RIL had previously stated that the CAG cannot contractually perform a performance audit on it as the Production Sharing Contract only provides for a government appointed auditor to verify reasonableness of all charges and credits
 
The Comptroller and Auditor General of India (CAG) is likely to re-start audit of Reliance Industries ' (RIL) spending on the KG-D6 gas block early next month after issues over the scope of the scrutiny are resolved to everyone’s satisfaction, Oil Secretary said today.
 
"I have myself had two meeting with Comptroller and Auditor General (Vinod Rai) to resolve issues over the audit.

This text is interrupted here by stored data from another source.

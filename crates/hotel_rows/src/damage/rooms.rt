//! The rules of the table of rooms.
ghost use Rattle.std.specs.Prelude.{◌≡◌, IfOk};
ghost use Rattle.std.specs.List.{list_all};
ghost use Rattle.hotel_model.specs.Stays.{room_of_state};
ghost use Rattle.hotel_rows.specs.Stored.{plain_fits, rows_of, room_row, stay_row};
ghost use Rattle.hotel_rows.specs.Damage.{most_notes, are_room_columns, room_holds};
ghost use Rattle.hotel_rows.specs.Known.{KindsOf};
ghost use Rattle.hotel_rows.specs.Places.{AreOf};
ghost use Rattle.hotel_rows.specs.FitRuns.{FitRunsOf, BeginsOf, FitsOf};
ghost use Rattle.hotel_rows.specs.RowTests.{is_room_number, is_secured_as_due, has_few_codes, is_at_home};
ghost use Rattle.hotel_rows.specs.RowTests.{room_fits};

use crate::damage::by_key::{Places, room_keys, stay_at};
use crate::damage::fit_runs::{RoomFits, ends_with_fit, fits_of_room};
use crate::damage::kinds::{Kinds, has_kind};
use crate::damage::numbers::{NO_NUMBER, number, number_if, rise};
use crate::stored::{PlainRoom, PlainStay, Stored};
use keycard_rules::{LAST_FIT, LAST_NUMBER, LAST_ROOM, Memory};
use std::alloc::Global;

/// The most notes of a room: those that all its fits can count, or one in the first version.
fn most_notes(stored: &Stored) -> u64
    ensures { result ≡ most_notes stored.now }
{
    if stored.fit.is_none() {
        return u64::from(LAST_NUMBER);
    }
    u64::from(LAST_FIT) * u64::from(LAST_NUMBER)
}

fn has_columns(room: &PlainRoom) -> bool
    ensures { result ≡ are_room_columns room.now }
{
    number(room.secured) <= 1
}

fn has_number(room: &PlainRoom) -> bool
    ensures { result ≡ is_room_number room.now }
{
    let named = number(room.room);
    named >= 1 && named <= u64::from(LAST_ROOM)
}

/// Whether the room has at most as many codes as there are cards, and those that its fits begin with.
fn has_few_codes(stored: &Stored, fits: &RoomFits, room: &PlainRoom) -> bool
    requires { FitRunsOf fits.now.runs.entries (plain_fits stored.now) }
    ensures { result ≡ has_few_codes stored.now room.now }
{
    let codes = number(room.codes);
    let cards = stored.card.len() as u64;
    codes <= cards || codes - cards <= fits_of_room(fits, number(room.room))
}

/// Whether the lock holds the last code, not the first one nor that of a fit, if the room is secured.
fn is_secured_as_due(stored: &Stored, fits: &RoomFits, room: &PlainRoom) -> bool
    requires { BeginsOf fits.now.begins.entries (plain_fits stored.now) }
    ensures { result ≡ is_secured_as_due stored.now room.now }
{
    if number(room.secured) != 1 {
        return true;
    }
    let codes = number(room.codes);
    if codes < 2 || number(room.lock_place) != codes - 1 {
        return false;
    }
    !ends_with_fit(fits, number(room.room), codes)
}

/// The room of a stay that is in house.
pub(crate) fn home_of(stay: &PlainStay) -> Option<u64>
    ensures { result ≡ room_of_state (stay_row stay.now).state }
{
    let state = number(stay.state);
    if state == 0 {
        return None;
    }
    if state != 1 {
        return None;
    }
    Some(number_if(stay.room).unwrap_or(NO_NUMBER))
}

/// Whether the party of the room, if it has one, is in house there, with a stay of its kind.
fn has_guest(places: &Places, stored: &Stored, room: &PlainRoom) -> bool
    requires { AreOf places.now stored.now }
    ensures { result ≡ is_at_home (rows_of stored.now) (room_row room.now) }
{
    let Some(party) = number_if(room.party) else {
        return true;
    };
    let Some(stay) = stay_at(places, stored, party) else {
        return false;
    };
    let Some(home) = home_of(stay) else {
        return false;
    };
    home == number(room.room) && room.kind.as_str() == stay.kind.as_str()
}

fn room_fits(
    kinds: &Kinds,
    places: &Places,
    fits: &RoomFits,
    stored: &Stored,
    room: &PlainRoom,
) -> bool
    requires kinds { KindsOf kinds.now.entries stored.now }
    requires places { AreOf places.now stored.now }
    requires fits { FitsOf fits.now (plain_fits stored.now) }
    ensures { result ≡ room_fits stored.now room.now }
{
    if !has_columns(room) || !has_number(room) {
        return false;
    }
    if number(room.lock_place) >= number(room.codes) {
        return false;
    }
    if !has_kind(kinds, room.kind.as_str()) {
        return false;
    }
    if !has_few_codes(stored, fits, room) {
        return false;
    }
    if number(room.notes) > most_notes(stored) {
        return false;
    }
    has_guest(places, stored, room) && is_secured_as_due(stored, fits, room)
}

fn rooms_fit(kinds: &Kinds, places: &Places, fits: &RoomFits, stored: &Stored) -> bool
    requires kinds { KindsOf kinds.now.entries stored.now }
    requires places { AreOf places.now stored.now }
    requires fits { FitsOf fits.now (plain_fits stored.now) }
    ensures { result ≡ list_all (room_fits stored.now) stored.now.room.items }
{
    for i in 0..stored.room.len() {
        if !room_fits(kinds, places, fits, stored, &stored.room[i]) {
            return false;
        }
    }
    true
}

/// Whether the rules of the table of rooms hold, where those of the kinds do.
pub(crate) fn rooms_hold(
    alloc: Global,
    kinds: &Kinds,
    places: &Places,
    fits: &RoomFits,
    stored: &Stored,
) -> Result<bool, Memory>
    requires kinds { KindsOf kinds.now.entries stored.now }
    requires places { AreOf places.now stored.now }
    requires fits { FitsOf fits.now (plain_fits stored.now) }
    ensures { IfOk result (λ hold. hold ≡ room_holds stored.now) }
{
    let keys = room_keys(alloc, &stored.room)?;
    if !rise(&keys) {
        return Ok(false);
    }
    Ok(rooms_fit(kinds, places, fits, stored))
}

CAG has to audit (KG-D6 spending) and we will ensure that they get all support for that,” oil secretary Vivek Rae said.
 
The CAG last month suspended audit of spending on the flagging KG-D6 block following differences with RIL over the scope and extent of the scrutiny.
 
“We are making all efforts to see that the CAG is able to do its duty... There have been some differences but they are being resolved and I am hopeful that the CAG will be able to resume audit by either month or early next month,” Rae said.
 
RIL had previously stated that the CAG cannot contractually perform a performance audit on it as the Production Sharing Contract (PSC) only provides for a government appointed auditor to verify reasonableness of all charges and credits.
 
Rae said the CAG too has stated that it is not planning to a do a performance audit of the company but only wants to examine ‘propriety’ of expenses made.
 
For doing that the CAG wants the discretion for records to be requisitioned to be vested with the government or its auditor (CAG).
 
“Whatever records are sought will have to be made available,” he said, adding once the issue of the scope of audit is resolved there should be no issues about records being made available.
 
The CAG had on 12th March written to the oil ministry that its audit of KG-D6 “would be financial and propriety audit” and the purpose of such scrutiny was to ensure that “the government’s financial interests have been safeguarded”.
 
This followed the oil ministry writing to the CAG saying the official auditor was being requested to undertake the audit of KG-D6 for 2008-09 to 2011-12 under Section 20 of the C&AG (DPC) Act, 1971.
 
Stating that such audit should be a financial scrutiny, the ministry told the CAG that the provisions of PSC provide for a government appointed auditor inspecting and auditing all records and documents supporting costs, expenditures, expenses, receipts and income.
 
The CAG said it was in agreement with this scope of audit provided the ministry agreed with it on the issue of requisition of records and access.
 
The auditor said that its six-member audit team was at premises of RIL in Navi Mumbai from 9the January to 31st January during which they issued 40 requisitions calling for information and records. But RIL provided only a few records.